One: how is the political marketplace organized?
Some political markets are deregulated, with low barriers to entry. In such cases there are likely to be multiple conflict actors, constantly shifting, highly responsive to external conditions such as flows of political money. Such markets are likely to see ‘Hobbesian’ conflicts, in which there is a low intensity, unpredictable conflict of all against all. Some are oligopolistic, and in those cases, collusion among the contending elites can readily switch into outright rivalry. Conflict prevention may mean spotting the issues on which the oligopolists may fall out, and the sparks that will turn their rivalry into armed conflict. A monopolistic political marketplace is likely to be stable—but will be prone to conflict over the leader’s succession, or if the monopolist’s source of political funds is in peril.
A peace agreement may change a deregulated market to an oligopolistic one, or a rivalrous oligopoly to a collusive one. But the issues over which the former rivals decide to collude—especially the allocation of material rewards or the control over organized violence—will likely contain within them the seeds of the next conflict.
Two: is it a political bull or bear market?
This is key. A political bull market is one in which political funds are expanding (to be specific, available political money is increasing more than the price of loyalty is increasing), so that material rewards can be distributed more liberally.
Most formulae for peacemaking in fragile countries are premised on dividing up slices of a bigger cake. An agreement is likely to be a ‘payroll peace’, a ‘rationbook peace’ or a ‘rent allocation peace’. This is not the same as a peace dividend—which is a general uplift in the wellbeing of the affected people. Rather it focuses on the payout to the belligerents themselves, and especially the leaders.
A political bear market is the reverse. Where political funds are shrinking, an agreement will be a zero-sum exercise.
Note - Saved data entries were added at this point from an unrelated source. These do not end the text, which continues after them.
// The words of a command line, read by the parser of command lines.
ghost use Rattle.std.specs.Prelude.{◌≡◌, IfOk, ℕ, List, codes, map, option_map, true, ◌==◌, Bool, Some};
ghost use Rattle.std.specs.List.{list_all, slice_split};
ghost use Rattle.std.specs.Str.{is_utf8};
ghost use Rattle.clap.specs.Words.{app_of, first_value, found_of, one_text};
ghost use Rattle.clap.specs.Values.{bool_text};
ghost use Rattle.cfa_words.specs.Words.{asked, asked_of, class_list, class_names, given, is_class as class_test, words_asked, check_asked, run_asked, show_asked, audit_asked, edits_asked, history_asked};
ghost use Rattle.cfa_words.specs.Demos.{demo_asked, demo_given, demo_with, demo_number};
ghost use Rattle.cfa_words.specs.OfTheCode.{given_of, lines_given, text_in, command_line as command_line_app};

use cfa_base::{Name, Names, NoMemory, is_decimal, is_word};
use clap::error::ErrorKind;
use clap::{Arg, ArgAction, ArgMatches, Command};
use std::alloc::{AllocError, Global};

/// How a policy is to be run.
#[derive(Debug, Drop)]
pub struct Options {
    /// The classes of `-D`, in their order.
    pub classes: Names,
    /// Locks count: `-K` was not given.
    pub locks: bool,
    /// `--strict` was given.
    pub strict: bool,
}

/// What a command line asks for, with the policy's or the journal's file as it was named.
#[derive(Debug, Drop)]
pub enum Request {
    /// `run POLICY`: reads, checks, analyses, then runs.
    Run(Name, Options),
    /// `check POLICY`: reads, checks and analyses, with the classes of `-D` in their order.
    Check(Name, Names),
    /// `show POLICY`: reads the one file, and prints its canonical text.
    Show(Name),
    /// `audit JOURNAL`: reads a journal, and prints what it tells of its runs.
    Audit(Name),
    /// `edits POLICY`: reads, checks and walks, with the classes of `-D` in their order, and tells which scripts of edits always settle.
    Edits(Name, Names),
    /// `history JOURNAL`: reads a journal, and prints what it tells of each promise.
    History(Name),
}

// What a command line gives, before its command is looked at.
#[derive(Clone, Copy, Drop)]
struct Line<'a> {
    command: Option<&'a str>,
    argument: Option<&'a str>,
    extra: Option<&'a str>,
    without_locks: bool,
    strict: bool,
    classes: Option<&'a str>,
}

/// Reads the words of a command line, which come without the program's name. `None` where they are refused, for
/// whatever reason; a call fails only for want of memory.
pub fn read_words(alloc: Global, words: &[Name]) -> Result<Option<Request>, NoMemory>
    ensures { IfOk result (λ r. r ≡ asked words.now) }
{
    let texts = texts_of(alloc, words)?;
    let Some(line) = line_of(alloc, texts.as_slice())? else {
        return Ok(None);
    };
    request_of(alloc, &line)
}

/// The number of promises of the demo that the words of a command line ask for. `None` where they ask for something else
/// or are refused; a call fails only for want of memory.
pub fn read_demo(alloc: Global, words: &[Name]) -> Result<Option<u32>, NoMemory>
    ensures { IfOk result (λ r. r ≡ demo_asked words.now) }
{
    let texts = texts_of(alloc, words)?;
    match line_of(alloc, texts.as_slice())? {
        Some(line) => Ok(demo_of(&line)),
        None => Ok(None),
    }
}

fn texts_of<'a>(alloc: Global, words: &'a [Name]) -> Result<Vec<&'a str>, NoMemory>
    ensures texts { IfOk result (λ v. map (λ t. t.now) v.items ≡ words.entry.now) }
    ensures utf8 { IfOk result (λ v. list_all is_utf8 (map (λ t. t.now) v.items) ≡ true) }
{
    let mut texts = Vec::new(alloc);
    for word in words {
        texts.push(word.as_str())?;
    }
    Ok(texts)
}

// What the parser is told of a command line.
fn command_line<'a>(alloc: Global) -> Result<Command<'a>, AllocError>
    ensures { IfOk result (λ c. app_of c ≡ command_line_app) }
{
    Command::new(alloc, "diwalmeq")
        .no_binary_name(true)
        .disable_help_flag(true)
        .disable_version_flag(true)
        .arg(Arg::new(alloc, "command").required(true))?
        .arg(Arg::new(alloc, "argument").required(true))?
        .arg(Arg::new(alloc, "extra"))?
        .arg(
            Arg::new(alloc, "no-lock")
                .short('K')
                .long("no-lock")
                .action(ArgAction::SetTrue),
        )?
        .arg(
            Arg::new(alloc, "strict")
                .long("strict")
                .action(ArgAction::SetTrue),
        )?
        .arg(Arg::new(alloc, "define").short('D').long("define"))
}

// What the words give, or `None` where the parser refuses them.
fn line_of<'a>(alloc: Global, words: &'a [&'a str]) -> Result<Option<Line<'a>>, NoMemory>
    requires { list_all is_utf8 (map (λ t. t.now) words.now) ≡ true }
    ensures { IfOk result (λ r. lines_given r ≡ given (map (λ t. t.now) words.entry.now)) }
{
    match command_line(alloc)?.try_get_matches_from(words) {
        Ok(matches) => Ok(Some(Line::of(&matches))),
        Err(error) => match error.kind() {
            ErrorKind::OutOfMemory => Err(NoMemory),
            _ => Ok(None),
        },
    }
}

impl<'a> Line<'a> {
    fn of(matches: &ArgMatches<'a>) -> Line<'a>
        ensures command { text_in result.command
            ≡ first_value (found_of matches.now) (codes "command") }
        ensures argument { text_in result.argument
            ≡ first_value (found_of matches.now) (codes "argument") }
        ensures extra { text_in result.extra
            ≡ first_value (found_of matches.now) (codes "extra") }
        ensures classes { text_in result.classes
            ≡ first_value (found_of matches.now) (codes "define") }
        ensures without_locks { (flag : Bool)
            → one_text (found_of matches.now) (codes "no-lock") ≡ Some (bool_text flag)
            → result.without_locks ≡ flag }
        ensures strict { (flag : Bool)
            → one_text (found_of matches.now) (codes "strict") ≡ Some (bool_text flag)
            → result.strict ≡ flag }
    {
        Line {
            command: matches.get_str("command"),
            argument: matches.get_str("argument"),
            extra: matches.get_str("extra"),
            without_locks: matches.get_flag("no-lock"),
            strict: matches.get_flag("strict"),
            classes: matches.get_str("define"),
        }
    }
}

// What the line asks for, by its command.
fn request_of(alloc: Global, line: &Line) -> Result<Option<Request>, NoMemory>
    ensures { IfOk result (λ r. r ≡ words_asked (given_of line.now).words (given_of line.now)) }
{
    match (line.command, line.argument, line.extra) {
        (Some(command), Some(argument), None) => match command {
            "run" => run(alloc, argument, line),
            "check" => check(alloc, argument, line),
            "show" => show(alloc, argument, line),
            "audit" => audit(alloc, argument, line),
            "edits" => edits(alloc, argument, line),
            "history" => history(alloc, argument, line),
            _ => Ok(None),
        },
        _ => Ok(None),
    }
}

// The demo that the line asks for.
fn demo_of(line: &Line) -> Option<u32>
    ensures { result ≡ demo_given (given_of line.now).words (given_of line.now) }
{
    match (line.command, line.argument, line.extra) {
        (Some(command), Some(argument), None) => match command {
            "demo" => demo(argument, line),
            _ => None,
        },
        _ => None,
    }
}

fn demo(number: &str, line: &Line) -> Option<u32>
    ensures { result ≡ demo_with number.now (given_of line.now) }
{
    if line.without_locks || line.strict || line.classes.is_some() {
        return None;
    }
    demo_number(number)
}

// The most promises that a demo may have.
const MOST_PROMISES: u32 = 10_000;

fn demo_number(text: &str) -> Option<u32>
    ensures { result ≡ demo_number text.now }
{
    if !is_decimal(text.as_bytes()) {
        return None;
    }
    match text.parse::<u32>() {
        Ok(number) if 0 < number && number <= MOST_PROMISES => Some(number),
        _ => None,
    }
}

fn run(alloc: Global, policy: &str, line: &Line) -> Result<Option<Request>, NoMemory>
    ensures { IfOk result (λ r. r ≡ run_asked policy.now (given_of line.now)) }
{
    let Some(classes) = classes_of(alloc, line.classes)? else {
        return Ok(None);
    };
    let options = Options {
        classes,
        locks: !line.without_locks,
        strict: line.strict,
    };
    Ok(Some(Request::Run(Name::from_text(alloc, policy)?, options)))
}

fn check(alloc: Global, policy: &str, line: &Line) -> Result<Option<Request>, NoMemory>
    ensures { IfOk result (λ r. r ≡ check_asked policy.now (given_of line.now)) }
{
    if line.without_locks || line.strict {
        return Ok(None);
    }
    let Some(classes) = classes_of(alloc, line.classes)? else {
        return Ok(None);
    };
    Ok(Some(Request::Check(Name::from_text(alloc, policy)?, classes)))
}

fn show(alloc: Global, policy: &str, line: &Line) -> Result<Option<Request>, NoMemory>
    ensures { IfOk result (λ r. r ≡ show_asked policy.now (given_of line.now)) }
{
    if line.without_locks || line.strict || line.classes.is_some() {
        return Ok(None);
    }
    Ok(Some(Request::Show(Name::from_text(alloc, policy)?)))
}

fn audit(alloc: Global, journal: &str, line: &Line) -> Result<Option<Request>, NoMemory>
    ensures { IfOk result (λ r. r ≡ audit_asked journal.now (given_of line.now)) }
{
    if line.without_locks || line.strict || line.classes.is_some() {
        return Ok(None);
    }
    Ok(Some(Request::Audit(Name::from_text(alloc, journal)?)))
}

fn edits(alloc: Global, policy: &str, line: &Line) -> Result<Option<Request>, NoMemory>
    ensures { IfOk result (λ r. r ≡ edits_asked policy.now (given_of line.now)) }
{
    if line.without_locks || line.strict {
        return Ok(None);
    }
    let Some(classes) = classes_of(alloc, line.classes)? else {
        return Ok(None);
    };
    Ok(Some(Request::Edits(Name::from_text(alloc, policy)?, classes)))
}

fn history(alloc: Global, journal: &str, line: &Line) -> Result<Option<Request>, NoMemory>
    ensures { IfOk result (λ r. r ≡ history_asked journal.now (given_of line.now)) }
{
    if line.without_locks || line.strict || line.classes.is_some() {
        return Ok(None);
    }
    Ok(Some(Request::History(Name::from_text(alloc, journal)?)))
}

// The classes between the commas, or `None` where one of them is no class.
fn classes_of(alloc: Global, list: Option<&str>) -> Result<Option<Names>, NoMemory>
    ensures { IfOk result (λ r. r ≡ class_names (text_in list.entry)) }
{
    match list {
        None => Ok(Some(Names::new(alloc))),
        Some(text) => classes_between_commas(alloc, text),
    }
}

fn classes_between_commas(alloc: Global, list: &str) -> Result<Option<Names>, NoMemory>
    ensures { IfOk result (λ r. r ≡ class_list list.now) }
{
    let parts = parts_of(alloc, list)?;
    let mut classes = Names::new(alloc);
    for part in &parts {
        if !is_class(part) {
            return Ok(None);
        }
        classes.push(Name::from_text(alloc, part)?)?;
    }
    Ok(Some(classes))
}

fn parts_of<'a>(alloc: Global, list: &'a str) -> Result<Vec<&'a str>, AllocError>
    ensures { IfOk result (λ v. map (λ t. t.now) v.items
        ≡ slice_split (λ b. b == 44) list.entry.now) }
{
    list.split(',').collect(alloc)
}

fn is_class(text: &str) -> bool
    ensures { result ≡ class_test text.now }
{
    is_word(text.as_bytes())
}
They will have to make peace for its own sake. Given that the leaders of the warring parties are more likely to want to continue practicing their political business skills than converting to true believers in peace, such a peace deal will need to be very carefully crafted to reward both enough. Alternatively, the parties to the agreement can agree on the basis that they will then squeeze out third parties—essentially making a security pact to turn on others.
Three: is the conflict ‘Schmittian’, ‘Hobbesian’ or is it shifting?
A ‘Schmittian’ conflict consists of two well-organized sides (usually coalitions), in which it is easy to identify friend and foe, fighting over state power. A ‘Hobbesian’ conflict has multiple actors, shifting coalitions, fragmentation of formerly cohesive actors, and new actors entering. It may be less intensely violent, but it is likely to be more widely spread and more difficult to control.
Quite often a ‘Schmittian’ conflict morphs into a ‘Hobbesian’ one because the conflict parties cannot sustain high-intensity combat and cannot pay enough to keep their clients in line. A conflict mediation that begins in the earlier, ‘Schmittian’ stage of a conflict may find that it is no longer well-suited when the situation shifts to a ‘Hobbesian’ conflict. Proactive mediation needs to anticipate this shift.
Four, what forms of violence will continue after the conflict parties sign an agreement?
The rules of the political marketplace game are sticky. Whatever the rhetoric of a peace agreement, transactional politics will remain. A peace agreement isn’t likely to enable an escape from the logic of monetized, violent transactional politics. It may increase corruption. It may be a tactical alliance against others. Rather than decreasing violence, it may just change its nature. The ongoing violence may be labelled holdout by spoilers, resistance to disarmament, or banditry or terrorism—i.e., violence that doesn’t count politically.
Posing these questions—and others—will help the mediator grappling with conflict dynamics in a political marketplace. It may not make peacemaking easier. But it should help with a more realistic appraisal of what is possible given the tools available.